Preston Marshall, who heads up wireless networking efforts at Google (NASDAQ:GOOG) and who like Weiser and de Vries was a panelist at the event, said defining harm claim thresholds "that are understood by everybody will greatly benefit everybody."
However, Marshall said he has concerns on the band agents proposal since many are likely going to be wireless incumbents and large carriers, which he said are conservative by nature and want to protect their investments. Such band agents would be less likely to welcome new wireless entrants, he said.
"If we empower incumbents to judge new entrants I think we can predict the outcome," he said, adding, " We have to be careful not to give incumbents the right to make public policy."

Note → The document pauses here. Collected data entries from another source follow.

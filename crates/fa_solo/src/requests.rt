//! Requests, from their beginning to their end.
ghost use Rattle.std.specs.Prelude.{◌≡◌, ◌+◌, ◌-◌, ◌^◌, ◌≤◌, ℕ, IsTrue, List, [], length, is_ok, true, false, IfOk, IfErr, IfSome, Some};
ghost use Rattle.std.specs.Prelude.{None};
ghost use Rattle.fa_shared_request.specs.Counts.{IsMade};
ghost use Rattle.fa_machine.specs.Reading.{is_late as rule_late};
ghost use Rattle.fa_shared_request.specs.Ops.{answer_of, ended, stage_of, task_in};
ghost use Rattle.fa_shared_request.specs.Tallies.{pages_in};
ghost use Rattle.fa_shared_steps.specs.Tasks.{end_of, task_of};
ghost use Rattle.fa_shared_request.specs.Waiting.{HasNoWindow, awaits_flush, waits};
ghost use Rattle.fa_shared_steps.specs.declared.request.Request.TheVariants.{Read};
ghost use Rattle.fa_solo.specs.Calls.{IsOfRead, MakesRequest, answer_by};
ghost use Rattle.fa_solo_job.specs.Deeds.{IsForDies, IsMeanwhile};
ghost use Rattle.fa_solo_job.specs.Inner.{Does};
ghost use Rattle.fa_solo.specs.Turns.{RunsOn};
ghost use Rattle.fa_types.specs.Store.{Gave, Refused};
ghost use Rattle.fa_types.specs.declared.blocks.BlockFault.TheVariants.{Lost, NoMemory, NoRoom, Spent};

use crate::collecting::{Windows, give_windows};
use crate::jobs::{bring_in, work, work_for};
use fa_core_calls::{Events, Looks};
use fa_image::Image;
use fa_machine::{BatchId, WindowRefused};
use fa_shared_request::Op;
use fa_shared_sleepers::Awaits;
use fa_shared_steps::Request;
use fa_shared_turns::Turn;
use fa_solo_job::Inner;
use fa_types::BlockFault;
use std::alloc::Allocator;
use std::sync::ledger::Ledger;

/// The last round in which something is planned.
const LAST_ROUND: u64 = (1 << 56) - (1 << 24);

/// A request that answers no bytes.
pub(crate) fn run<L: Ledger, E: Events<A>, I: Image, A: Allocator + Copy>(
    inner: &mut Inner<L, E, I, A>,
    page_bytes: u32,
    request: Request,
    bytes: &[u8],
) -> Result<(), BlockFault>
    requires some { 1 ≤ page_bytes }
    requires small { page_bytes ≤ 4096 }
    requires inside { end_of request ≤ 2 ^ 32 }
    ensures made { IsMade (pages_in (task_of page_bytes request)) inner.old.seat (is_ok result) inner.new.seat }
    ensures request { MakesRequest I.made (task_of page_bytes request) bytes.now (answer_by result) inner.old inner.new }
{
    let mut op = match Op::new(inner.alloc, inner.alloc, request, u64::from(page_bytes)) {
        Ok(op) => op,
        Err(_) => return Err(BlockFault::NoMemory),
    };
    match finish(inner, &mut op, bytes) {
        Some(None) => Ok(()),
        Some(Some(fault)) => Err(fault),
        None => Err(BlockFault::Lost),
    }
}

/// A read. It is never refused for want of room.
pub(crate) fn run_read<L: Ledger, E: Events<A>, I: Image, A: Allocator + Copy, B: Allocator>(
    inner: &mut Inner<L, E, I, A>,
    page_bytes: u32,
    offset: u64,
    len: u64,
    into: B,
) -> Result<Vec<u8, B>, BlockFault>
    requires some { 1 ≤ page_bytes }
    requires small { page_bytes ≤ 4096 }
    requires inside { offset + len ≤ 2 ^ 32 }
    ensures length { IfOk result (λ answer. length answer.items ≡ len) }
    ensures room { IfErr result (λ fault. fault ≡ NoRoom → ⊥) }
    ensures made { IsMade 0 inner.old.seat (is_ok result) inner.new.seat }
    ensures gave { IfOk result (λ answer. MakesRequest I.made (task_of page_bytes (Read offset len)) [] (Gave answer.items) inner.old
        inner.new) }
    ensures refused { IfErr result (λ fault. MakesRequest I.made (task_of page_bytes (Read offset len)) [] (Refused fault) inner.old
        inner.new) }
{
    let request = Request::Read { offset, len };
    let mut op = match Op::new(inner.alloc, into, request, u64::from(page_bytes)) {
        Ok(op) => op,
        Err(_) => return Err(BlockFault::NoMemory),
    };
    match finish(inner, &mut op, &[]) {
        Some(None) => handed_out(op, len),
        Some(Some(fault)) => Err(of_read(fault)),
        None => Err(BlockFault::Lost),
    }
}

/// The answer of a read, if it has so many bytes.
fn handed_out<A: Allocator + Copy, B: Allocator>(
    op: Op<A, B>,
    len: u64,
) -> Result<Vec<u8, B>, BlockFault>
    ensures length { IfOk result (λ answer. length answer.items ≡ len) }
    ensures answer { IfOk result (λ answer. answer.items ≡ answer_of op) }
    ensures refused { IfErr result (λ fault. (fault ≡ Lost) × (length (answer_of op) ≡ len → ⊥)) }
{
    let answer = op.into_answer();
    if answer.len() as u64 != len {
        return Err(BlockFault::Lost);
    }
    Ok(answer)
}

/// Why a read is refused that ended so. No read wants room.
fn of_read(fault: BlockFault) -> BlockFault
    ensures { IsOfRead fault result }
{
    match fault {
        BlockFault::NoRoom => BlockFault::Lost,
        fault => fault,
    }
}

/// Goes on with a request until it has ended, and tells how. None where it has not ended within 2^64 - 1 turns.
fn finish<L: Ledger, E: Events<A>, I: Image, A: Allocator + Copy, B: Allocator>(
    inner: &mut Inner<L, E, I, A>,
    op: &mut Op<A, B>,
    bytes: &[u8],
) -> Option<Option<BlockFault>>
    ensures runs { (runs : RunsOn I.made bytes.now inner.old op.old inner.new op.new) × (result ≡ None → 2 ^ 64 - 1 ≤ runs.turns) }
    ensures ended { IfSome result (λ end. ended (stage_of op.new) ≡ Some end) }
{
    for turns in 0..u64::MAX {
        if let Some(end) = op.ended() {
            return Some(end);
        }
        op.prepare(bytes);
        step(inner, op);
    }
    None
}

/// A turn of a request. Where it comes to waiting, what there is to be done for dies is made.
fn step<L: Ledger, E: Events<A>, I: Image, A: Allocator + Copy, B: Allocator>(
    inner: &mut Inner<L, E, I, A>,
    op: &mut Op<A, B>,
)
    ensures { (bytes : List ℕ) → (runs : RunsOn I.made bytes inner.old op.old inner.new op.new) × (1 ≤ runs.turns) }
{
    wait_for_home(inner, op);
    let came = turn(inner, op);
    if came == Turn::Wait {
        pass_time(inner, op);
    }
}

/// Has dies collected that have no room, where the request is about to reserve and its page's copies belong on such a die. Where that gives
/// none the request reserves at once.
fn wait_for_home<L: Ledger, E: Events<A>, I: Image, A: Allocator + Copy, B: Allocator>(
    inner: &mut Inner<L, E, I, A>,
    op: &Op<A, B>,
)
    ensures { (bytes : List ℕ) → RunsOn I.made bytes inner.old op.now inner.new op.now }
{
    if !op.may_wait() {
        return;
    }
    if op.awaits_flush() {
        return;
    }
    collect_home(inner, op);
}

/// The same for a request that may have to wait.
fn collect_home<L: Ledger, E: Events<A>, I: Image, A: Allocator + Copy, B: Allocator>(
    inner: &mut Inner<L, E, I, A>,
    op: &Op<A, B>,
)
    ensures { Does I.made (IsMeanwhile false) inner.old inner.new }
{
    for looks in 0..u64::MAX {
        if !op.lacks_home(&inner.locked) {
            return;
        }
        if !collect_more(inner, op) {
            return;
        }
    }
}

/// Gives windows to dies without room, and makes what there is to be done then. Whether a die may get room that the request waits for.
fn collect_more<L: Ledger, E: Events<A>, I: Image, A: Allocator + Copy, B: Allocator>(
    inner: &mut Inner<L, E, I, A>,
    op: &Op<A, B>,
) -> bool
    ensures { Does I.made (IsMeanwhile false) inner.old inner.new }
{
    let windows = give_windows(inner, true);
    let seat = inner.seat.number();
    if matches!(windows, Windows::Refused(_)) || !op.may_wait_for_home(&inner.locked, seat) {
        return false;
    }
    work_at_once(inner, None)
}

/// A turn of a request. What its last batch handed out is given back first.
fn turn<L: Ledger, E: Events<A>, I: Image, A: Allocator + Copy, B: Allocator>(
    inner: &mut Inner<L, E, I, A>,
    op: &mut Op<A, B>,
) -> Turn
    ensures { (bytes : List ℕ) → (runs : RunsOn I.made bytes inner.old op.old inner.new op.new) × (1 ≤ runs.turns) }
{
    op.give_back(&mut inner.locked);
    fa_shared_turns::make_turn(op, &mut inner.locked, &mut inner.seat)
}

/// Makes what there is to be done for dies, where the request may have to wait. Where there is nothing, and it wants room, dies without
/// room are collected.
fn pass_time<L: Ledger, E: Events<A>, I: Image, A: Allocator + Copy, B: Allocator>(
    inner: &mut Inner<L, E, I, A>,
    op: &mut Op<A, B>,
)
    ensures { (bytes : List ℕ) → RunsOn I.made bytes inner.old op.old inner.new op.new }
{
    if !op.may_wait() {
        return;
    }
    if op.awaits_flush() {
        work(inner, None);
        return;
    }
    let batch = batch_of(op, inner);
    if work_at_once(inner, batch) {
        return;
    }
    if op.wants_room() {
        collect_for(inner, op);
    }
}

/// The batch that a request waits for, if it waits for one.
fn batch_of<L: Ledger, E: Events<A>, I: Image, A: Allocator + Copy, B: Allocator>(
    op: &Op<A, B>,
    inner: &Inner<L, E, I, A>,
) -> Option<BatchId> {
    match op.awaits(&inner.locked, inner.seat.number()) {
        Awaits::Batch(batch) => Some(batch),
        _ => None,
    }
}

/// Makes what there is to be done for dies. Behind jobs a spare is brought in, where one is wanted. Whether anything was done.
fn work_at_once<L: Ledger, E: Events<A>, I: Image, A: Allocator + Copy>(
    inner: &mut Inner<L, E, I, A>,
    batch: Option<BatchId>,
) -> bool
    ensures { Does I.made (IsMeanwhile false) inner.old inner.new }
{
    let worked = work_for(inner, batch);
    bring_in(inner);
    worked
}

/// Gives windows to dies without room, for a request that wants some. Where that is refused, so is the request.
fn collect_for<L: Ledger, E: Events<A>, I: Image, A: Allocator + Copy, B: Allocator>(
    inner: &mut Inner<L, E, I, A>,
    op: &mut Op<A, B>,
)
    requires waits { waits (stage_of op.old) ≡ true }
    requires flush { awaits_flush (stage_of op.old) ≡ false }
    ensures { (bytes : List ℕ) → RunsOn I.made bytes inner.old op.old inner.new op.new }
{
    if let Some(fault) = give_room(inner) {
        op.refuse_room(fault);
    }
}

/// Gives windows to dies without room. Why a request is refused that waits for room, if none was given.
fn give_room<L: Ledger, E: Events<A>, I: Image, A: Allocator + Copy>(
    inner: &mut Inner<L, E, I, A>,
) -> Option<BlockFault>
    ensures does { Does I.made IsForDies inner.old inner.new }
    ensures cause { IfSome result (λ fault. HasNoWindow inner.new.locked.core fault) }
{
    match give_windows(inner, true) {
        Windows::Refused(WindowRefused::NoMemory) => Some(BlockFault::NoMemory),
        Windows::Refused(_) => {
            if is_late(inner.locked.array()) {
                Some(BlockFault::Spent)
            } else {
                None
            }
        }
        Windows::Given | Windows::Unwanted => None,
    }
}

/// Whether so few rounds are left that no window is given.
fn is_late<E: Looks>(array: &E) -> bool
    ensures { result ≡ rule_late (E.core array.now).calendar }
{
    LAST_ROUND < array.now().0
}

Joan Marsh, AT&T's (NYSE:T) vice president of federal regulatory, and also a panelist, said that AT&T had effectively acted as a band agent when it worked with Sirius XM in 2012 to resolve disputes on the 2.3 GHz WCS band, which AT&T aims to use for LTE services. Marsh acknowledged that "incumbents will hang onto their rights and hold them very close" and that under the current state of spectrum allocations, "our experience is more the exception than the rule."